# PINEAPPLE!?



## Scorpy (Oct 2, 2014)

I 'thought' Pineapple was something to eat a lot of - ie helping implantation, then I read it is only pineapple 'juice' - and not the tinned/processed fruit slices - something to do with an enzyme in them can cause miscarriage in early pregnancy?! WTF how can something so closely related have such conflicting and vague information!!  

For the last 2 days Ive eaten a whole tin of the stuff plus had about 2 glasses of juice each day.
Does anyone know if its good if its not good from a reasonable source?


----------



## tiredmum3 (Jun 1, 2015)

I had heard that from other forums.
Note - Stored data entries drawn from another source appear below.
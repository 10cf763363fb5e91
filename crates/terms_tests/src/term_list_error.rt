//! Why a call on a list of terms failed.
use std::alloc::{AllocError, AllocFailed};

/// Why a call on a list of terms failed.
#[derive(Clone, Copy, Debug)]
pub enum TermListError {
    /// Out of memory.
    Memory,
    /// The list has no term at this index.
    Index,
}

impl From<AllocError> for TermListError {
    ghost use Rattle.std.specs.Prelude.{◌≡◌};
    ghost use Rattle.terms_tests.specs.declared.term_list_error.TermListError.TheVariants.{Memory};

    ghost from_gives = { λ _ lost. lost ≡ Memory };

    fn from(_error: AllocError) -> TermListError {
        TermListError::Memory
    }
}

impl<T: Drop> From<AllocFailed<T>> for TermListError {
    ghost use Rattle.std.specs.Prelude.{◌≡◌};
    ghost use Rattle.terms_tests.specs.declared.term_list_error.TermListError.TheVariants.{Memory};

    ghost from_gives = { λ _ lost. lost ≡ Memory };

    fn from(_error: AllocFailed<T>) -> TermListError {
        TermListError::Memory
    }
}
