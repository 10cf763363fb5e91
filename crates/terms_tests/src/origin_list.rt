//! The origins of all internal steps of a term.
ghost use Rattle.std.specs.Prelude.{◌<◌, length};
ghost use Rattle.lotos_terms.specs.TableView.{Grows};

use super::possible_run::can_end;
use lotos_listing::LabelFlags;
use lotos_normal::NormalTable;
use lotos_origins::{Origin, find_origins, follow_run, follow_run_after, internal_origin};
use lotos_terms::{Label, Step, Term};
use std::alloc::{AllocError, Global};

/// What makes each internal step of the term, in the order of the steps.
pub fn origins_of(
    alloc: Global,
    table: &mut NormalTable,
    term: Term,
) -> Result<Vec<Origin>, AllocError>
    requires { term < length table.old.terms }
    ensures { Grows table.old table.new }
{
    let steps = Vec::from_slice(alloc, table.successors(term)?)?;
    let mut origins = Vec::new(alloc);
    for step in &steps {
        if let Label::Internal = step.label {
            origins.push(internal_origin(alloc, table, term, step.target)?)?;
        }
    }
    Ok(origins)
}

/// The origins of the internal steps of a derivation by the run from the term to one that has no step with a refused
/// label; `None` if there is no such derivation.
pub fn run_origins(
    alloc: Global,
    table: &mut NormalTable,
    start: Term,
    run: &[Label],
    refused: &LabelFlags,
) -> Result<Option<Vec<Origin>>, AllocError>
    requires { start < length table.old.terms }
    ensures { Grows table.old table.new }
{
    if can_end(alloc, table, start, run, refused)? {
        let origins = find_origins(alloc, table, start, run, refused)?;
        Ok(Some(origins))
    } else {
        Ok(None)
    }
}

/// Whether the run leads to the same terms if it is followed after another one, which has its first half and then all
/// of it.
pub fn has_same_ends_after_another(
    alloc: Global,
    table: &mut NormalTable,
    start: Term,
    run: &[Label],
) -> Result<bool, AllocError>
    requires { start < length table.old.terms }
    ensures { Grows table.old table.new }
{
    let mut other = Vec::from_slice(alloc, &run[..run.len() / 2])?;
    other.extend_from_slice(run)?;
    let other = other.as_slice();
    let alone = follow_run(alloc, table, start, run)?;
    let earlier = follow_run(alloc, table, start, other)?;
    let followed = follow_run_after(alloc, table, start, run, earlier, other)?;
    Ok(followed.ends() == alone.ends())
}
Pineapple juice good - pineapple fruit not good and I have stayed away from it at all now I have my bfp.


----------



## Sashaj (Jul 25, 2011)

Scrorpy please don't worry about eating pineapple. No matter what you do you can't effect the outcome. If the embryo is meant to implant it will and eating pineapple won't change it. I have been through all this in the past (worrying about every single thing I ate etc)  but after few failed cycles I realised it is all down to the quality of the embryo and nothing else. 

So please try not to worry and just continue with your usual diet. 

Good luck


Xxx


----------



## Clarissafallon (Mar 30, 2012)

I echo what Sashaj has said - please do not worry.  

So much of the advice on what you should and shouldn't eat is based on some very dubious theories with absolutely no scientific evidence to back it up.

I know how hard it is, but try to relax and put it out of your mind.

Hopefully there will lots of sunshine where you live for you to enjoy.

Best of luck, xx


----------



## belfastgirl (Mar 22, 2011)

I was told it was the core of the pineapple that was supposed to help implantation.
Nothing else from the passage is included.